Hello there! I was wondering if any of you guys had input or recommendations on who’s a good tuner around this area? I recently came back to Rhode Island from Florida and before leaving FL i had just gotten my system tuned but after the fact i played around with my crossovers and even though i feel i made progress in the aspect of what i wanted each driver to do or “play at” i started experiencing ear fatigue, so i guessed it was time to get eQ in order and ordered the Audiofrog mic to try on getting a nice “curve response” on my own but after chasing my own tail for a couple of weeks i decided this stuff its beyond me! I think i’d rather pay a Pro to get me right with a nice “curve response” with the crossover settings I choose than to keep going at it... Thanks in advance for any input...

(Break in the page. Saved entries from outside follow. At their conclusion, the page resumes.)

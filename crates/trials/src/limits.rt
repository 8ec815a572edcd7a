// Numbers at the limits.
use crate::asking::{admitted, board_of, refusal};
use judges::demand::Demand;
use judges::density::Density;
use placement::best::Best;
use std::test::Fail;

const DEMAND: Demand = Demand {
    steps: 1,
    refinements: 0,
};

// Asked in this order: the key, from 1 to 65,535 (10); a budget of at least 1 (11), at most the deadline (12), which is at most the period (13), which
// is at most 100,000 (14); a key that stands (15). So all numbers too large is a bad key (10), and with a good key a long period (14), since the
// budget is then not above the deadline, nor that above the period. (5, 4, 3) is 5 above 4 before 4 above 3. What is left fits an empty processor.
#[test]
fn requests(rt: HostRuntime) -> Result<(), Fail> {
    let mut board = board_of(rt.alloc(), 8, DEMAND, Best)?;
    let top = u32::MAX;
    let asked: [(u32, u32, u32, u32, u8); 16] = [
        (0, 1, 2, 4, 10),
        (65535, 1, 2, 4, 0),
        (65536, 1, 2, 4, 10),
        (top, top, top, top, 10),
        (1, 0, 0, 0, 11),
        (1, 0, top, top, 11),
        (1, 5, 4, 3, 12),
        (1, top, 1, 1, 12),
        (1, 4, 5, 3, 13),
        (1, 1, top, 1, 13),
        (1, 1, 1, 100000, 0),
        (2, 1, 1, 100001, 14),
        (2, 1, 1, top, 14),
        (2, top, top, top, 14),
        (65535, top, top, top, 14),
        (65535, 1, 2, 4, 15),
    ];
    for (key, budget, deadline, period, number) in asked {
        assert_eq!(rt; admitted(&mut board, key, budget, deadline, period), number);
    }
    Ok(())
}

// One row stands, the first on processor 1 of two: every other place is none (21). A key that is out of range does not stand (20), nor does one that
// has left.
#[test]
fn names(rt: HostRuntime) -> Result<(), Fail> {
    let mut board = board_of(rt.alloc(), 2, DEMAND, Best)?;
    assert_eq!(rt; admitted(&mut board, 65535, 1, 2, 4), 0);
    for (processor, position, number) in [
        (1, 1, 0),
        (0, 1, 21),
        (1, 0, 21),
        (1, 2, 21),
        (2, 1, 21),
        (3, 1, 21),
        (u32::MAX, 1, 21),
        (1, u32::MAX, 21),
        (u32::MAX, u32::MAX, 21),
    ] {
        assert_eq!(rt; refusal(board.look(processor, position)), number);
    }
    for (key, number) in [
        (0, 20),
        (65536, 20),
        (u32::MAX, 20),
        (65535, 0),
        (65535, 20),
    ] {
        assert_eq!(rt; refusal(board.withdraw(key)), number);
    }
    Ok(())
}

// A processor holds 32 rows. 33 of 64 parts would fit, so it is the free row that is wanting for the 33rd, whole (17) and for any part of it.
#[test]
fn rows_of_a_processor(rt: HostRuntime) -> Result<(), Fail> {
    let mut board = board_of(rt.alloc(), 1, DEMAND, Best)?;
    for key in 1..=33 {
        assert_eq!(rt;
            admitted(&mut board, key, 1, 64, 64),
            if key <= 32 { 0 } else { 17 }
        );
    }
    assert_eq!(rt; refusal(board.look(1, 32)), 0);
    assert_eq!(rt; refusal(board.look(1, 33)), 21);
    Ok(())
}

// A board holds 64 reservations. Best fit fills a processor before the next: 32 rows on 1, 32 on 2, and six are empty still when the 65th is refused (16).
#[test]
fn reservations(rt: HostRuntime) -> Result<(), Fail> {
    let mut board = board_of(rt.alloc(), 8, Density, Best)?;
    for key in 1..=65 {
        assert_eq!(rt;
            admitted(&mut board, key, 1, 64, 64),
            if key <= 64 { 0 } else { 16 }
        );
    }
    assert_eq!(rt; refusal(board.look(2, 32)), 0);
    assert_eq!(rt; refusal(board.look(3, 1)), 21);
    Ok(())
}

Sent from my iPad using Tapatalk


----------



## High Resolution Audio (Sep 12, 2014)

Jlugo360 said:


> Hello there! I was wondering if any of you guys had input or recommendations on who’s a good tuner around this area? I recently came back to Rhode Island from Florida and before leaving FL i had just gotten my system tuned but after the fact i played around with my crossovers and even though i feel i made progress in the aspect of what i wanted each driver to do or “play at” i started experiencing ear fatigue, so i guessed it was time to get eQ in order and ordered the Audiofrog mic to try on getting a nice “curve response” on my own but after chasing my own tail for a couple of weeks i decided this stuff its beyond me! I think i’d rather pay a Pro to get me right with a nice “curve response” with the crossover settings I choose than to keep going at it... Thanks in advance for any input...
> 
> 
> Sent from my iPad using Tapatalk


Are you coming to the GTG? There may be a guy coming who lives in MA that is a tuner. Years ago he tuned a car at Finals that took 2nd. Other than that, Sound in Motion in the Boston area is the only place that I know about. I have had no personal experience with them, but they do have excellent reviews.


----------



## Jlugo360 (Mar 6, 2017)

Sure I wouldn’t mind coming over, is there a way to get in touch with this guy to see if he’s willing to do a tune while over there? 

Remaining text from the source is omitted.